Le pacte Dutreil n'est ni un marronnier ni une obsession du groupe communiste, mais les épisodes récents nous conduisent à nous interroger de nouveau sur l'efficacité, l'utilité et le coût de ce dispositif.
L'ancien ministre qui lui a donné son nom s'est livré récemment à une explication quelque peu hasardeuse sur les raisons du maintien du fameux abattement de 75 % sur la cession de titres d'entreprise, véritable machine à produire des inégalités.
Il a mis en avant « l'intérêt très fort » qu'il y aurait à garder les familles de milliardaires en France. Les qualifiant de « meilleurs gardiens des entreprises », il soulignait le risque de voir ces familles partir à l'étranger, ajoutant même que 75 % des entreprises en France étaient vendues à des acquéreurs étrangers. Ce n'est pas rien !
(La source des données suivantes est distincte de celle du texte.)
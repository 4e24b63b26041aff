//! What a class set has, for people: its classes, their fields with slots and their methods, and the code of a method
//! with the frame before each instruction. Every call is safe, and no more is promised.
#![tactic(auto)]

pub use answer::{ShowAnswer, show};

mod answer;
mod class;
mod code;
Interrogé sur le fond par la journaliste, M. Dutreil a avoué ne pas disposer de statistiques, pour la simple et bonne raison qu'elles n'existent pas. Il se contentait donc de donner un ordre de grandeur. Voilà qui est tout de même surprenant et pas très sérieux !
Ce qui n'est pas sérieux non plus, c'est que cette niche fiscale soit évaluée chaque année depuis dix ans à 500 millions d'euros tout ronds dans les documents budgétaires. Étonnante régularité ! Et pour cause, elle n'a pas été évaluée depuis toutes ces années.
Le Gouvernement reconduit donc une niche fiscale dont il ignore le coût. Monsieur le ministre, mes chers collègues, vous êtes pourtant si soucieux des deniers publics !
Permettez-moi d'ailleurs de penser que ce montant de 500 millions d'euros est largement sous-estimé au regard de l'explosion du nombre de pactes : de 872 en 2013, nous sommes passés à 2 682 pactes en 2022.
Interrogé à ce sujet, le directeur général des finances publiques nous a indiqué qu'une évaluation était en cours. Qu'en est-il, monsieur le ministre ? Nous espérons de votre part une réponse précise.